(Dataset entries)
────────────────
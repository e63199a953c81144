//! The worked sessions: what a drive does on the wires, moment by moment.

use crate::tests::judge::Judge;
use crate::tests::plays::*;
use crate::tests::reading::{add, after};
use crate::tests::verdicts::{breaks, keeps};
use Line::*;
use Way::*;
use cbm_iec::*;
use std::alloc::Global;
use std::process::Abort;

// The reader says whether the host keeps the timing; where it does, the trace begins a session with the acts that the
// drives were told.
fn judged(rt: &impl Abort, alloc: Global, bus: &Bus, end: u64, row: &str, kept: bool) {
    if kept {
        keeps(rt, alloc, bus, end, row, 0)
    } else {
        breaks(rt, alloc, bus, end, row, 0)
    }
}

// The bus after a host's changes, up to an end.
fn played(rt: &impl Abort, alloc: Global, parties: &[Party], changes: &[Change], end: u64) -> Bus {
    let mut bus = Bus::new(rt, alloc, parties);
    bus.play(rt, changes, end);
    bus
}

// The device, the byte of an attention, by how much its start is late, and what the drive makes of it.
const LISTENS: [(&str, u8, u8, u64, &[WantedEvent]); 5] = [
    (
        "its own device",
        8,
        0x28,
        0,
        &[
            (20, 8, Data, Pull),
            (1020, 8, Data, Free),
            (1380, 8, Data, Pull),
        ],
    ),
    (
        "another device",
        8,
        0x29,
        0,
        &[
            (20, 8, Data, Pull),
            (1020, 8, Data, Free),
            (1380, 8, Data, Pull),
            (1420, 8, Data, Free),
        ],
    ),
    (
        "device 9 and LISTEN 8",
        9,
        0x28,
        0,
        &[
            (20, 9, Data, Pull),
            (1020, 9, Data, Free),
            (1380, 9, Data, Pull),
            (1420, 9, Data, Free),
        ],
    ),
    (
        "a start at T + 200",
        8,
        0x28,
        180,
        &[
            (20, 8, Data, Pull),
            (1020, 8, Data, Free),
            (1560, 8, Data, Pull),
        ],
    ),
    (
        "a start at T + 220",
        8,
        0x28,
        200,
        &[
            (20, 8, Data, Pull),
            (1020, 8, Data, Free),
            (1580, 8, Data, Pull),
        ],
    ),
];

fn listened(rt: &impl Abort, alloc: Global, device: u8, byte: u8, shift: u64, end: u64) -> Bus {
    let changes = listen(rt, alloc, byte, shift, 1400);
    played(rt, alloc, &[one(device, 20)], &changes, end)
}

#[test]
fn hears_listen(rt: HostRuntime) {
    for (row, device, byte, shift, wanted) in LISTENS {
        let end = after(1500, shift);
        let bus = listened(&rt, rt.alloc(), device, byte, shift, end);
        assert!(rt; bus.makes(0, u64::MAX, wanted), "{row}");
        judged(&rt, rt.alloc(), &bus, end, row, shift == 0);
    }
}

fn pulled(rt: &impl Abort, alloc: Global, joined: bool) -> Vec<Change> {
    let mut changes = Vec::new(alloc);
    add(rt, &mut changes, at(0, Atn, Pull));
    if joined {
        add(rt, &mut changes, at(0, Clock, Pull));
    }
    changes
}

fn tied(rt: &impl Abort, alloc: Global, first: u8, second: u8, joined: bool) -> Bus {
    let changes = pulled(rt, alloc, joined);
    played(rt, alloc, &[one(first, 20), one(second, 20)], &changes, 30)
}

// Two drives with one reaction pull DATA at one moment, in the order of ties. A host that doesn't pull CLOCK with ATN
// breaks the timing.
#[test]
fn keeps_the_order_of_ties(rt: HostRuntime) {
    for (first, second) in [(9, 8), (8, 9)] {
        let wanted = [(20, first, Data, Pull), (20, second, Data, Pull)];
        for joined in [false, true] {
            let bus = tied(&rt, rt.alloc(), first, second, joined);
            assert!(rt; bus.makes(0, u64::MAX, &wanted));
            judged(&rt, rt.alloc(), &bus, 30, "ties", joined);
        }
    }
}

// Whether the trace begins a session, the host keeps the timing, and the drive is late.
fn judge_pull(rt: &impl Abort, alloc: Global, joined: bool) -> [bool; 3] {
    let mut trace = Vec::new(alloc);
    add(rt, &mut trace, shown(Who::Host, 0, Atn, Pull));
    if joined {
        add(rt, &mut trace, shown(Who::Host, 0, Clock, Pull));
    }
    add(rt, &mut trace, shown(Who::Drive(8), 20, Data, Pull));
    let judge = Judge::of(rt, alloc, &[one(8, 20)], &trace, 30);
    [judge.begins(), judge.keeps, judge.late]
}

// ATN's pull comes with CLOCK's: where the host leaves that out, the drive's answer to ATN begins no session.
#[test]
fn misses_a_change_of_the_host(rt: HostRuntime) {
    for joined in [false, true] {
        assert!(rt; judge_pull(&rt, rt.alloc(), joined) == [joined, joined, false]);
    }
}

// By how much a start is late, and what the drives make of it up to a moment.
const RELEASES: [(u64, u64, &[WantedEvent]); 2] = [
    (
        0,
        1100,
        &[
            (1, 8, Data, Pull),
            (60, 9, Data, Pull),
            (1001, 8, Data, Free),
        ],
    ),
    (
        40,
        2000,
        &[
            (1, 8, Data, Pull),
            (60, 9, Data, Pull),
            (1001, 8, Data, Free),
            (1060, 9, Data, Free),
            (1401, 8, Data, Pull),
            (1460, 9, Data, Pull),
            (1540, 9, Data, Free),
        ],
    ),
];

fn released(rt: &impl Abort, alloc: Global, shift: u64, end: u64) -> Bus {
    let changes = listen(rt, alloc, 0x28, shift, 1440);
    played(rt, alloc, &[one(8, 1), one(9, 60)], &changes, end)
}

// Reactions 1 and 60: the start at 1040 comes before the slow drive's release, which it cancels; 40 later it doesn't.
#[test]
fn cancels_a_release(rt: HostRuntime) {
    for (shift, until, wanted) in RELEASES {
        let end = after(1600, shift);
        let bus = released(&rt, rt.alloc(), shift, end);
        assert!(rt; bus.makes(0, until, wanted));
        judged(&rt, rt.alloc(), &bus, end, "two reactions", shift == 40);
    }
}

// An attention of these bytes for drives of reactions up to 60, from a pull at that moment; the last accept is 60
// after what it answers at the latest.
fn attend(rt: &impl Abort, changes: &mut Vec<Change>, moment: u64, bytes: &[u8]) -> u64 {
    add(rt, changes, at(moment, Atn, Pull));
    add(rt, changes, at(moment, Clock, Pull));
    let mut last = moment;
    let mut ready = after(moment, 100);
    for byte in bytes {
        send(rt, changes, *byte, ready, after(ready, 80));
        last = after(ready, 400);
        ready = after(ready, 600);
    }
    last
}

// LISTEN to both drives up to 1700: ATN is free at 1820, CLOCK at 1920, so that DATA is free on the wire at T = 1980.
fn listen_both(rt: &impl Abort, alloc: Global) -> Vec<Change> {
    let mut changes = Vec::new(alloc);
    let last = attend(rt, &mut changes, 0, &[0x28, 0x29, 0x60]);
    assert!(rt; last == 1700);
    add(rt, &mut changes, at(1820, Atn, Free));
    add(rt, &mut changes, at(1920, Clock, Free));
    changes
}

const PULSES: [WantedEvent; 6] = [
    (1921, 8, Data, Free),
    (1980, 9, Data, Free),
    (2181, 8, Data, Pull),
    (2240, 9, Data, Pull),
    (2241, 8, Data, Free),
    (2300, 9, Data, Free),
];

fn pulsed(rt: &impl Abort, alloc: Global) -> Bus {
    let changes = listen_both(rt, alloc);
    played(rt, alloc, &[one(8, 1), one(9, 60)], &changes, 2380)
}

// Two listeners with reactions 1 and 60: their pulses are one pulse on the wire, from T + 201 to T + 320.
#[test]
fn joins_the_pulses(rt: HostRuntime) {
    let bus = pulsed(&rt, rt.alloc());
    assert!(rt; bus.makes(1820, u64::MAX, &PULSES));
    judged(&rt, rt.alloc(), &bus, 2380, "pulses", true);
}

// The host frees CLOCK for the turnaround 80 after the last accept's moment of an attention with TALK 8; where the
// talker frees CLOCK then.
fn talk(rt: &impl Abort, changes: &mut Vec<Change>, moment: u64) -> u64 {
    let last = attend(rt, changes, moment, &[0x48, 0x6f]);
    add(rt, changes, at(after(last, 120), Data, Pull));
    add(rt, changes, at(after(last, 120), Atn, Free));
    add(rt, changes, at(after(last, 140), Clock, Free));
    after(last, 140)
}

// The host takes the first byte; when it frees CLOCK is answered.
fn take_byte(rt: &impl Abort, changes: &mut Vec<Change>) -> u64 {
    let clock = talk(rt, changes, 0);
    add(rt, changes, at(after(clock, 120), Data, Free));
    clock
}

// What a drive does from that moment on.
fn byte_from(rt: &impl Abort, alloc: Global, clock: u64) -> Vec<WantedEvent> {
    let mut wanted = Vec::new(alloc);
    add(rt, &mut wanted, (after(clock, 20), 8, Clock, Pull));
    add(rt, &mut wanted, (after(clock, 20), 8, Data, Free));
    add(rt, &mut wanted, (after(clock, 100), 8, Clock, Free));
    for k in 0..17u64 {
        let moment = after(clock, 140 + 60 * k);
        let way = if k % 2 == 0 { Pull } else { Free };
        add(rt, &mut wanted, (moment, 8, Clock, way));
        match k {
            6 | 12 => add(rt, &mut wanted, (moment, 8, Data, Pull)),
            8 | 16 => add(rt, &mut wanted, (moment, 8, Data, Free)),
            _ => {}
        }
    }
    wanted
}

fn try_byte(rt: &impl Abort, alloc: Global, changes: &[Change], clock: u64) {
    let end = after(clock, 1200);
    let bus = played(rt, alloc, &[one(8, 20)], changes, end);
    let wanted = byte_from(rt, alloc, clock);
    assert!(rt; bus.makes(after(clock, 1), u64::MAX, &wanted));
    judged(rt, alloc, &bus, end, "a byte", true);
}

// The talker says the first byte of the status, which is $37: each change at its moment after the host's release of
// CLOCK.
#[test]
fn talks_a_byte(rt: HostRuntime) {
    let mut changes = Vec::new(rt.alloc());
    let clock = take_byte(&rt, &mut changes);
    try_byte(&rt, rt.alloc(), &changes, clock);
}

// The host takes the status of 27 bytes, offered first at that moment; before the last byte it waits for EOI. Answers
// the moment 100 after the last accept.
fn take_status(rt: &impl Abort, changes: &mut Vec<Change>, first: u64) -> u64 {
    let mut offer = first;
    for k in 0..27 {
        add(rt, changes, at(after(offer, 20), Data, Free));
        let mut sending = after(offer, 40);
        if k == 26 {
            add(rt, changes, at(after(offer, 220), Data, Pull));
            add(rt, changes, at(after(offer, 280), Data, Free));
            sending = after(offer, 300);
        }
        add(rt, changes, at(after(sending, 980), Data, Pull));
        offer = after(sending, 1080);
    }
    offer
}

// Whether the drive said the status, EOI with its last byte.
fn is_status(heard: &[(u8, Act)]) -> bool {
    let (mut place, mut same) = (0usize, true);
    for (_, act) in heard {
        if let Act::Said(byte, last) = *act {
            same = STATUS.get(place) == Some(&byte) && last == (place == 26) && same;
            place = place.wrapping_add(1);
        }
    }
    same && place == 27
}

// A cut after four bits, and the whole status.
fn take_again(rt: &impl Abort, changes: &mut Vec<Change>) -> u64 {
    let clock = take_byte(rt, changes);
    let again = talk(rt, changes, after(clock, 590));
    take_status(rt, changes, after(again, 100))
}

fn try_status(rt: &impl Abort, alloc: Global, changes: &[Change], end: u64) {
    let bus = played(rt, alloc, &[one(8, 20)], changes, end);
    assert!(rt; is_status(&bus.heard));
    assert!(rt; bus.next_due().is_none(), "nothing is due");
    judged(rt, alloc, &bus, end, "a status", true);
}

// ATN is pulled after four bits of the first byte; the next TALK says all 27 bytes from the first, EOI with the last.
#[test]
fn says_again_what_was_cut(rt: HostRuntime) {
    let mut changes = Vec::new(rt.alloc());
    let offer = take_again(&rt, &mut changes);
    try_status(&rt, rt.alloc(), &changes, after(offer, 1000));
}

// The events but one, which is left out or comes 1 later or earlier.
fn with_one(
    rt: &impl Abort,
    alloc: Global,
    events: &[Event],
    place: usize,
    shift: u64,
) -> Vec<Event> {
    let mut other = Vec::new(alloc);
    for (at, event) in events.iter().enumerate() {
        if at != place {
            add(rt, &mut other, *event);
        } else if shift < 3 {
            let moment = event.change.moment.wrapping_add(shift).wrapping_sub(1);
            add(
                rt,
                &mut other,
                Event {
                    who: event.who,
                    change: Change {
                        moment,
                        ..event.change
                    },
                },
            );
        }
    }
    other
}

// Whether the drive is late, the host keeps the timing, and a session is begun, with the change at a place moved by
// `shift - 1`, or left out for 3.
fn judge_moved(
    rt: &impl Abort,
    alloc: Global,
    events: &[Event],
    place: usize,
    shift: u64,
) -> (bool, bool, bool) {
    let trace = with_one(rt, alloc, events, place, shift);
    let judge = Judge::of(rt, alloc, &[one(8, 20)], &trace, 1500);
    (judge.late, judge.keeps, judge.begins())
}

// Late, or no session's where it comes too soon.
fn is_moved(rt: &impl Abort, alloc: Global, events: &[Event], place: usize) -> bool {
    let (is_late, keeps, begins) = judge_moved(rt, alloc, events, place, 0);
    let is_early = !is_late && keeps && !begins;
    let (is_late, keeps, _) = judge_moved(rt, alloc, events, place, 2);
    let is_after = is_late && keeps;
    let (is_late, keeps, _) = judge_moved(rt, alloc, events, place, 3);
    is_early && is_after && is_late && keeps
}

// How many changes of the drive are moved so.
fn moved(rt: &impl Abort, alloc: Global, events: &[Event]) -> u64 {
    let mut tried = 0;
    for (place, event) in events.iter().enumerate() {
        if event.who != Who::Host {
            tried = after(tried, 1);
            assert!(rt; is_moved(rt, alloc, events, place), "change {place}");
        }
    }
    tried
}

// A drive's change that is left out or comes 1 later makes the trace late; 1 earlier it is no session's. The host is
// never to blame.
#[test]
fn tells_a_late_drive(rt: HostRuntime) {
    let bus = listened(&rt, rt.alloc(), 8, 0x29, 0, 1500);
    assert!(rt;
        moved(&rt, rt.alloc(), &bus.events) == 4,
        "the changes of the drive"
    );
}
────────────────
--- AIM OF THE TASK ---
From the records above, pull every line that carries the word "four".

--- TASK OUTPUT ---
// A cut after four bits, and the whole status.
// ATN is pulled after four bits of the first byte; the next TALK says all 27 bytes from the first, EOI with the last.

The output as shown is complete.